TCP/IP and OSI layer correlation
High degree of correlation exists between OSI layers and TCP/IP layers. Network layer of
TCP/IP model is a mixture of OSI model’s Physical and Data link layer as they have the
same function of looking out for addressing of protocols required for physical delivery of
data and also for addressing of hardware. Network layer of OSI model corresponds to internet
layer of TCP/IP. It suggests the rules that are necessary for logical delivery of data within the
network (Li, et al. 2011).
Transport layer of OSI layer corresponds to internet suite of TCP/IP layer. They are doing the
work of end-to-end communication and error-free data delivery. They protect upper-layer
applications from the complexity of data. Application, session and presentation layer of OSI
resembles to process layer in TCP/IP. They all have the role of describing details of the user-
interface and they do point-to-point communication (Edwards and Bramante, 2015).

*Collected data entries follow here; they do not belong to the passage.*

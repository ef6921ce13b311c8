//! Laws of the trees and the outlines of texts.

ghost use Rattle.std.specs.Prelude.{List, ℕ, ◌∷◌, ◌++◌, ◌+◌, ◌≡◌, ◌↔◌, true};
ghost use Rattle.std.specs.List.{All};
ghost use Rattle.starlark_place.specs.Place.{line_feeds};
ghost use Rattle.starlark_lexer.specs.Joining.{IsClosed};
ghost use Rattle.starlark_lexer.specs.declared.dialect.Dialect.{Dialect};
ghost use Rattle.starlark_ast.specs.Tree.{Statement};
ghost use Rattle.starlark_grammar.specs.Language.{Language};
ghost use Rattle.starlark_parts.specs.Flat.{AreWorded, IsFlat};
ghost use Rattle.starlark_parts.specs.Kept.{joined};
ghost use Rattle.starlark_parts.specs.Outlines.{AreAllStatements, AreOutlines, AreTops, IsOutline, Placed, items_down};

use crate::word::{OutlineItem, Word};
use starlark_grammar::text_laws::{nested_places, one_tree};
use starlark_joining::laws::joined_trees;

/// The tree of a text is one line or a list of lines, and a line one statement or a list of statements; and each of these
/// statements has a word: none is a `return`, a `break` or a `continue`.
pub fn good_trees()
    ensures flat { (dialect : Dialect) (text : List ℕ) (tree : Statement) → Language dialect text tree → IsFlat tree }
    ensures worded { (dialect : Dialect) (text : List ℕ) (tree : Statement) → Language dialect text tree → AreWorded tree }
{}

/// Closed texts of the language, one behind another, are in the language, and the outline of the joined text, read from
/// scratch, is the outlines of the texts, each moved down by the line feeds before it.
pub fn joined_outline()
    ensures { (dialect : Dialect) (texts : List (List ℕ)) (items : List OutlineItem) → All IsClosed texts → AreOutlines dialect 0 texts items → IsOutline dialect (joined texts) items }
{
    joined_trees();
    nested_places();
}

/// The statements at the top of such texts are, but for their places, those at the top of the tree of the joined text.
pub fn joined_statements()
    ensures { (dialect : Dialect) (texts : List (List ℕ)) (xs : List Placed) → All IsClosed texts → AreAllStatements dialect 0 texts xs → AreTops dialect (joined texts) xs }
{
    joined_trees();
}

/// A text has one outline at most.
pub fn one_outline()
    ensures { (dialect : Dialect) (text : List ℕ) (xs ys : List OutlineItem) → IsOutline dialect text xs → IsOutline dialect text ys → xs ≡ ys }
{
    one_tree();
}

/// However a text is cut into closed texts of the language, their outlines, one behind another, are the same.
pub fn same_text_same_outline()
    ensures { (dialect : Dialect) (texts others : List (List ℕ)) (xs ys : List OutlineItem) → All IsClosed texts → All IsClosed others → joined texts ≡ joined others → AreOutlines dialect 0 texts xs → AreOutlines dialect 0 others ys → xs ≡ ys }
{
    joined_outline();
    one_outline();
}

/// Where a text among others is replaced by one with as many line feeds, what the outline of the joined text has of all others
/// stays, lines and columns too.
pub fn same_lines()
    ensures { (dialect : Dialect) (before after : List (List ℕ)) (a b : List ℕ) (xs ys vs zs : List OutlineItem) → All IsClosed before → IsClosed a → IsClosed b → All IsClosed after → line_feeds a ≡ line_feeds b → AreOutlines dialect 0 before xs → IsOutline dialect a ys → IsOutline dialect b vs → AreOutlines dialect (line_feeds (joined before) + line_feeds a) after zs → IsOutline dialect (joined (before ++ a ∷ after)) (xs ++ (items_down (line_feeds (joined before)) ys ++ zs)) × IsOutline dialect (joined (before ++ b ∷ after)) (xs ++ (items_down (line_feeds (joined before)) vs ++ zs)) }
{
    joined_outline();
}

/// Words and items of outlines are equal where they say the same, and a clone is always made and is the same.
pub fn items_compare()
    ensures words_equal { (x y : Word) → (⟦<Word as PartialEq>⟧.eq x y ≡ true) ↔ (x ≡ y) }
    ensures words_cloned { (x y : Word) → ⟦<Word as Clone>⟧.is_clone x y → y ≡ x }
    ensures words_always { (x : Word) → ⟦<Word as Clone>⟧.is_infallible x }
    ensures items_equal { (x y : OutlineItem) → (⟦<OutlineItem as PartialEq>⟧.eq x y ≡ true) ↔ (x ≡ y) }
    ensures items_cloned { (x y : OutlineItem) → ⟦<OutlineItem as Clone>⟧.is_clone x y → y ≡ x }
    ensures items_always { (x : OutlineItem) → ⟦<OutlineItem as Clone>⟧.is_infallible x }
{}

Layers that are network support layers
Internet and Network layers are understood as network support layers in the TCP/IP protocol
suite while Host-to-Host and process layers are layers for user support.
Data encapsulation
Primary unit of information is packets. They are transported all across the network having
minimum numbers of headers and have sending and receiving host addresses as well as a
body along with the data that has to be moved. When packet goes through TCP/IP protocol
stack, each layer’s protocols either adds or removes fields from the primary headers (Alani,
2014). During this when protocol sends host add some data in the packet header, this process
is understood as data encapsulation.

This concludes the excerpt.